In this study, we aimed to investigate the therapeutic efficacy in metastatic PCa of suppressing the survival and function of TIL-Bs by inhibiting BTK signaling using ibrutinib and how this affects the PCa TME to sensitize anti-PD-1 blockade. To our knowledge, this is the first study to show therapeutic efficacy of combined use of a BTK inhibitor and PD-1 blockade for metastatic PCa. Our findings suggested that TIL-Bs were immunosuppressive in the metastatic PCa TME and can be inhibited by ibrutinib to enhance PD-1 blockade immunotherapy.

2. Materials and Methods

2.1. Tissue Samples

Tumor tissues from patients who underwent radical prostatectomy and were pathologically diagnosed with localized and metastatic PCa (6 of each) from the Third Affiliated Hospital of Sun Yat-sen University were collected in 2022. These patients had not received chemotherapy or radiotherapy before radical prostatectomy. The tissue samples were fixed with 4% paraformaldehyde, paraffin-embedded, cut into paraffin sections (4 μm), and stored until use. Informed consent was obtained from all participants. The study was conducted in accordance with the Declaration of Helsinki and approved by the Human Ethics Committee of the Third Affiliated Hospital of Sun Yat-sen University.
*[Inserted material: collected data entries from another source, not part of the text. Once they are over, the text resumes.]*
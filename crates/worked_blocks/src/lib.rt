//! What the definitions of the code that fetches a row, and of the player's two entrances, take and refuse.
//!
//! Its contract: memories, states, places and calls that are worked by hand are what the laws of that code ask for, and
//! others, each in one point alone, are not.
//!
//! It stands on `fetch_code` and `frame_code`, whose definitions it computes, and nothing stands on it.
#![tactic(auto)]

pub mod claims;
2.2. Public Data Acquisition and Preprocessing

Gene correlation analysis among immune cell biomarkers was performed and evaluated using the well-known online database TIMER (https://cistrome.shinyapps.io/timer/, accessed on 25 January 2022) [22]. TIMER allows us to systematically assess relationships among immune cell-related genes in different types of human cancer. We used TIMER to analyze the correlation among CD79A, BTK, PDCD1, CTLA4, HAVCR2, and IL-10 in PCa. Single-cell RNA sequencing data were obtained from an online scRNA-seq database—the Tumor Immune Single Cell Hub (TISCH, http://tisch.comp-genomics.org/, accessed on 25 January 2022) [23]. The TISCH provides processed scRNA-seq data at the single-cell level to explore the TME across different human cancer types. We downloaded a dataset (GSE143791) containing metastatic prostate cancer samples and reanalyzed it with R packages in Bioconductor (http://bioconductor.org/, accessed on 25 January 2022) to explore BTK expression in B cells at the single-cell level in metastatic PCa.

2.3. Mice

Wild-type C57BL/6 mice (6–8 weeks old, male, and weighing 20–25 g) were purchased from the Guangdong Medical Laboratory Animal Center (Guangzhou, China) and housed under standard pathogen-free conditions in the animal facility of Sun Yat-sen University. All animal procedures were conducted with the approval of the Institutional Animal Care and Use Committee at Sun Yat-sen University.

2.4. Cell Lines

The human prostate cancer cell line PC-3 and the mouse prostate cancer cell line RM-1 were both purchased from the American Type Culture Collection (ATCC) and cultured in RPMI-1640 medium supplemented with 10% fetal bovine serum (FBS) and antibiotics (100 U/mL penicillin and 100 μg/mL streptomycin) in a humidified atmosphere at 37 °C and 5% CO₂.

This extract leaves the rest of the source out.